The Interior Department yesterday announced that it would cancel leases issued under the Bush administration that would have allowed oil and gas drilling on more than 100,000 acres of Utah wild lands, much of it surrounding iconic treasures like Arches National Park.
In January, Judge Ricardo M. Urbina of the U.S. District Court granted a temporary restraining order preventing the Bureau of Land Management (BLM) from moving forward with these leases. In that decision, Urbina said the Interior Department did not properly assess air pollution concentrations.
Interior Secretary Ken Salazar announced that the agency would cancel the leases and return to the companies the $6 million in bids on the contested parcels.
"Today’s announcement by Secretary Salazar signals a new era in the way
our natural resources are managed. The Obama administration clearly
understands that instead of allowing the oil industry to destroy places
like Arches National Park, we should be investing in the kind of clean
energy solutions that curb global warming and leave our natural
treasures intact," Bruce Hamilton, Sierra Club Deputy Director, said.

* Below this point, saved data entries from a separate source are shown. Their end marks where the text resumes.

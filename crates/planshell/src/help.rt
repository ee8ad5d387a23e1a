// What the program says of itself.

// What lines there are and what each is answered, and what else is answered: a screenful.
const LINES: [&str; 22] = [
    "planshell [FOLDER]: plans radio links over the terrain files of a folder.",
    "",
    "use NK17                  use 40 17      NK17 is in use: its base and zone",
    "site FARM 478300 4436750  site 1         so many sites are held, at most 32",
    "path FARM MILL            path 27 clear  steps of 500 m; clear or blocked",
    "                                         without masts",
    "masts FARM MILL 40 30     masts 26 12    the lowest two masts that see each",
    "                                         other, of at most 40 and 30 m",
    "",
    "A name is a capital letter, then up to 11 capitals, digits or hyphens.",
    "",
    "taken      a site has that name",
    "full       there are 32 sites",
    "unknown    no site has that name",
    "bad 12     the line is wrong from column 12 on",
    "refused 1  no file is in use; or it is missing, unreadable, longer than 60",
    "           records or broken off",
    "refused 3  the file's index is damaged; an earlier file stays in use",
    "refused 4  a site is not on the file's ground",
    "refused 5  the ground is not covered    refused 6  a height is missing",
    "refused 7  the sites are the same, or more than 100 km apart",
    "refused 8  a limit is above 100 m       refused 9  no two masts are enough",
];

// Whether the argument is `--help`.
pub(crate) fn is_asked(argument: &[u8]) -> bool {
    argument == b"--help".as_slice()
}

// Shows the lines and the answers, as far as the output takes them.
pub(crate) fn show(rt: &impl Print) {
    for text in LINES {
        let _ = rt.write_all(text.as_bytes());
        let _ = rt.write_all(b"\n");
    }
}

// Says on standard error that the argument is no folder.
pub(crate) fn complain(errors: &impl Print, argument: &[u8]) {
    let _ = errors.write_all(b"planshell: no folder: ");
    let _ = errors.write_all(argument);
    let _ = errors.write_all(b"\n");
}

// Says on standard error that there are too many arguments.
pub(crate) fn complain_of_more(errors: &impl Print) {
    let _ = errors.write_all(b"planshell: one folder at most; --help shows the lines\n");
}
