// A session: reads pieces of input, has their lines answered, and writes the answers before it reads on, so
// that a person at a terminal sees each answer as the line is ended, and a pipe is not written answer by
// answer.
ghost use Rattle.std.specs.Prelude.{◌≤◌, length, IfSome};
ghost use Rattle.shell.specs.Inside.{HasRead, Waits};

use crate::folder::Folder;
use shell::answer::{Answer, Answers};
use shell::command::{FileName, MOST_BYTES, Shell};
use shell::feed::{Input, Next, PIECE};
use shell::{answer, feed};
use std::io::Read;
use std::rt::Files;
use std::{io, mem};

// The room for a file: one byte more than 60 records, by which a longer one is known.
const FILE: usize = MOST_BYTES + 1;

// Writes the answers that wait.
fn flush(rt: &impl Print, answers: &mut Answers) -> io::Result<()>
    requires { Waits answers.old }
    ensures { Waits answers.new }
{
    let written = rt.write_all(&answers.bytes[..answers.filled]);
    answers.filled = 0;
    written
}

// Answers a `use`: the file of the name is loaded into the room and checked. Gives its length where it
// passed, and so is in use from now on.
fn use_file(
    rt: &impl Files,
    folder: &mut Folder,
    name: FileName,
    room: &mut [u8],
    shell: &mut Shell,
    answers: &mut Answers,
) -> Option<usize>
    requires { Waits answers.old × (answers.old.filled ≤ 65519) }
    ensures waits { Waits answers.new }
    ensures in_room { IfSome result (λ n. n ≤ length room.old) }
{
    let loaded = folder.load(rt, name, room).ok();
    let used = shell.on_use(loaded.map(|length| &room[..length]), name);
    answers.say(used.unwrap_or_else(Answer::from));
    if used.is_ok() { loaded } else { None }
}

// Reads a piece of input after what is left of a line, and says whether there was one; where there was none,
// the input has ended, and so is the line.
fn read_on(reader: &mut impl Read, input: &mut Input) -> io::Result<bool>
    requires { HasRead input.old }
    ensures { HasRead input.new }
{
    input.keep();
    let more = reader.read(&mut input.bytes[input.end..])?;
    if more == 0 {
        input.end_kept();
        return Ok(false);
    }
    input.end += more;
    Ok(true)
}

// Writes the answers that wait, and reads on where the input has not ended, which is kept in `ended`. Says whether
// there are bytes to go on with.
fn go_on(
    rt: &impl Print,
    reader: &mut impl Read,
    input: &mut Input,
    answers: &mut Answers,
    ended: &mut bool,
) -> io::Result<bool>
    requires { HasRead input.old × Waits answers.old }
    ensures { HasRead input.new × Waits answers.new }
{
    flush(rt, answers)?;
    if *ended {
        return Ok(false);
    }
    *ended = !read_on(reader, input)?;
    Ok(0 < input.end)
}

// The input of which nothing is read yet.
fn no_input() -> Input
    ensures { HasRead result }
{
    Input {
        bytes: [0; PIECE],
        at: 0,
        end: 0,
    }
}

// Answers the lines of the input until it ends, a read fails or the output is closed. No session uses up the
// turns.
pub(crate) fn serve<R: Files + Print>(
    rt: &R,
    reader: &mut impl Read,
    folder: &mut Folder,
) -> io::Result<()> {
    let mut shell = Shell::start();
    let mut answers = Answers {
        bytes: [0; answer::ROOM],
        filled: 0,
    };
    let mut input = no_input();
    let mut first = [0u8; FILE];
    let mut second = [0u8; FILE];
    let mut file = &mut first;
    let mut spare = &mut second;
    let mut length = 0;
    let mut ended = false;
    for _ in 0..u64::MAX {
        let lines = &input.bytes[..input.end];
        let step = feed::answer_lines(lines, input.at, &mut shell, &file[..length], &mut answers);
        input.at = step.at;
        match step.next {
            Next::Use(name) => {
                let used = use_file(rt, folder, name, &mut spare[..], &mut shell, &mut answers);
                if let Some(new) = used {
                    mem::swap(&mut file, &mut spare);
                    length = new;
                }
            }
            Next::Full => flush(rt, &mut answers)?,
            Next::More => {
                if !go_on(rt, reader, &mut input, &mut answers, &mut ended)? {
                    break;
                }
            }
        }
    }
    Ok(())
}
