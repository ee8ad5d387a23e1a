// The folder of the terrain files, and the files in it.
ghost use Rattle.std.specs.Prelude.{◌+◌, ◌≤◌, length as list_length, IfOk};

use shell::command::FileName;
use std::io::Read;
use std::rt::Files;
use std::{fs, io, str};

// The room for a path.
pub const PATH: usize = 4096;

// The longest name of a folder, so that a slash and a file's name fit after it in a path.
pub const LONGEST: usize = 4080;

// A folder of terrain files: its path and a slash, or nothing of the folder that the program is run in, and
// room after them for a file's name.
#[derive(Drop)]
pub(crate) struct Folder {
    path: [u8; PATH],
    start: usize,
    ghost room: { start + 4 ≤ list_length path },
}

// The error of a name that no file can have.
fn no_name() -> io::Error {
    io::Error::from(io::ErrorKind::InvalidFilename)
}

// Opens a file or a folder for reading. Its path is text in UTF-8, as the standard library takes no other.
fn open<R: Files>(rt: &R, path: &[u8]) -> io::Result<R::File> {
    match str::from_utf8(path) {
        Ok(text) => fs::open(rt, text),
        Err(_) => Err(no_name()),
    }
}

// Reads a file to its end, or until the room is full, and gives how many bytes were read. A file that fills
// the room may have more. A read gives as many bytes as it likes, and the library's `read_to_end` wants a heap.
fn read_file(file: &mut impl Read, room: &mut [u8]) -> io::Result<usize>
    ensures { IfOk result (λ n. n ≤ list_length room.old) }
{
    let mut length = 0;
    while length < room.len() {
        let more = file.read(&mut room[length..])?;
        if more == 0 {
            break;
        }
        length += more;
    }
    Ok(length)
}

impl Folder {
    // The folder that the program is run in.
    pub(crate) fn here() -> Self {
        Folder {
            path: [0; PATH],
            start: 0,
        }
    }

    // The folder of this path, where there is one.
    pub(crate) fn find(rt: &impl Files, name: &[u8]) -> Option<Self> {
        let length = name.len();
        if (length == 0) | (LONGEST < length) {
            return None;
        }
        let mut path = [0; PATH];
        path[..length].copy_from_slice(name);
        path[length..length + 2].copy_from_slice(b"/.");
        open(rt, &path[..length + 2]).ok()?;
        Some(Folder {
            path,
            start: length + 1,
        })
    }

    // Loads the file of a name into the room, and gives how many bytes were read.
    pub(crate) fn load(
        &mut self,
        rt: &impl Files,
        name: FileName,
        room: &mut [u8],
    ) -> io::Result<usize>
        ensures { IfOk result (λ n. n ≤ list_length room.old) }
    {
        let file_name = ground::name::file_name(name.base, name.zone).map_err(|_| no_name())?;
        let end = self.start + 4;
        self.path[self.start..end].copy_from_slice(&file_name);
        let mut file = open(rt, &self.path[..end])?;
        read_file(&mut file, room)
    }
}
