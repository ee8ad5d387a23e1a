// The plan shell as a program: lines from standard input, answers to standard output, terrain files from
// the folder that its first argument names, or from the one that it is run in.
#![tactic(auto)]

ghost use Rattle.std.specs.Prelude.{◌≡◌, ◌≤◌, length, IfSome};

mod folder;
mod help;
mod session;

use folder::Folder;
use std::env::{Env, FillError};

// Puts an argument at the start of the buffer and gives its length, 0 where it is longer than the buffer, since it
// is complained of as the empty one is; `None` where there is no such argument.
fn argument(rt: &impl Env, i: usize, buf: &mut [u8]) -> Option<usize>
    ensures bound { IfSome result (λ n. n ≤ length buf.new) }
    ensures room { length buf.new ≡ length buf.old }
{
    match rt.arg(i, buf) {
        Ok(length) => Some(length),
        Err(FillError::TooLong) => Some(0),
        Err(FillError::NotPresent) => None,
    }
}

// Whether there is such an argument.
fn is_given(rt: &impl Env, i: usize) -> bool {
    let mut first = [0u8; 1];
    argument(rt, i, &mut first).is_some()
}

// Runs a session; or shows the help; or says on standard error what is wrong with the arguments.
fn main(rt: HostRuntime) {
    let mut room = [0u8; folder::PATH];
    let mut folder = Folder::here();
    if let Some(length) = argument(&rt, 1, &mut room) {
        let name = &room[..length];
        if help::is_asked(name) {
            help::show(&rt);
            return;
        }
        if is_given(&rt, 2) {
            help::complain_of_more(&rt.stderr());
            return;
        }
        let Some(named) = Folder::find(&rt, name) else {
            help::complain(&rt.stderr(), name);
            return;
        };
        folder = named;
    }
    let _ = session::serve(&rt, &mut rt.stdin(), &mut folder);
}
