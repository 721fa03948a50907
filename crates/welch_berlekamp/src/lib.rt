// What the decoder of strips works with (Welch and Berlekamp): rational interpolation by values, cell by cell; Newton's form; and
// the order in which cells enter.
#![tactic(auto)]

pub mod interpolation;
pub mod newton;
pub mod order;
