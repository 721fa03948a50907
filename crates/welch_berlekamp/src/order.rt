// The order in which cells enter: by doubt, and by place among cells of one doubt.
// A cell's key is 16 times its doubt and its place.
#![tactic(auto, using(field::proofs::Row::making_done))]

ghost use Rattle.std.specs.Prelude.{◌≡◌, cond, ℕ, ◌≤◌, min, eqb};
ghost use Rattle.bounded.specs.Bounded.{at};
ghost use Rattle.field.specs.Row.{row};
ghost use Rattle.distance.specs.Doubts.{Doubts};
ghost use Rattle.welch_berlekamp.specs.Order.{taken, key, Least};

// The key of a cell that has entered, or is none. Every other key is less, since doubts are below 65,536.
pub const TAKEN: u32 = 1048576;

// The keys of the n cells.
pub fn keys(n: usize, u: [u32; 16]) -> [u32; 16]
    requires { (n ≤ 16) × Doubts 65535 n (at u) }
    ensures { result ≡ row (λ j. key n (at u j) j) }
{
    let mut out = [TAKEN; 16];
    for j in 0..n {
        out[j] = u[j] * 16 + j as u32;
    }
    out
}

// The lower of two keys, compared as signed numbers, which the processor does for many at a time.
fn lower(a: u32, b: u32) -> u32
    requires { (a ≤ taken) × (b ≤ taken) }
    ensures { result ≡ min a b }
{
    (a as i32).min(b as i32) as u32
}

// The least key.
#[tactic(auto, using(crate::proofs::Cursor::least_more))]
pub fn least(keys: [u32; 16]) -> u32
    requires { (j : ℕ) → at keys j ≤ taken }
    ensures { Least 16 keys result }
{
    let mut best = TAKEN;
    for j in 0..16 {
        best = lower(keys[j], best);
    }
    best
}

// The keys of the cells that w marks.
pub fn marked(w: [u16; 16], keys: [u32; 16]) -> [u32; 16]
    ensures { result ≡ row (λ j. cond (eqb (at w j) 0) taken (at keys j)) }
{
    let mut out = [TAKEN; 16];
    for j in 0..16 {
        out[j] = if w[j] == 0 { TAKEN } else { keys[j] };
    }
    out
}

// The keys without the one of a cell that enters. By comparing: a number put in its place would have to be stored before the row
// can be loaded for the next least key.
pub fn without(keys: [u32; 16], key: u32) -> [u32; 16]
    ensures { result ≡ row (λ j. cond (eqb (at keys j) key) taken (at keys j)) }
{
    let mut out = [TAKEN; 16];
    for j in 0..16 {
        out[j] = if keys[j] == key { TAKEN } else { keys[j] };
    }
    out
}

The Sierra Club is one of a coalition of environmental groups that have been working to protect areas near Arches and Canyonlands National Parks, Dinosaur National Monument, and rock art-rich Nine Mile Canyon from oil and gas drilling.
"This is the first critical step in restoring balance to managing the public lands," said Sharon Buccino, a senior attorney at the Natural Resources Defense Council. "We had in the last administration an approach that really elevated energy development… to the dominant use of public land, to the exclusion of a lot of other important values."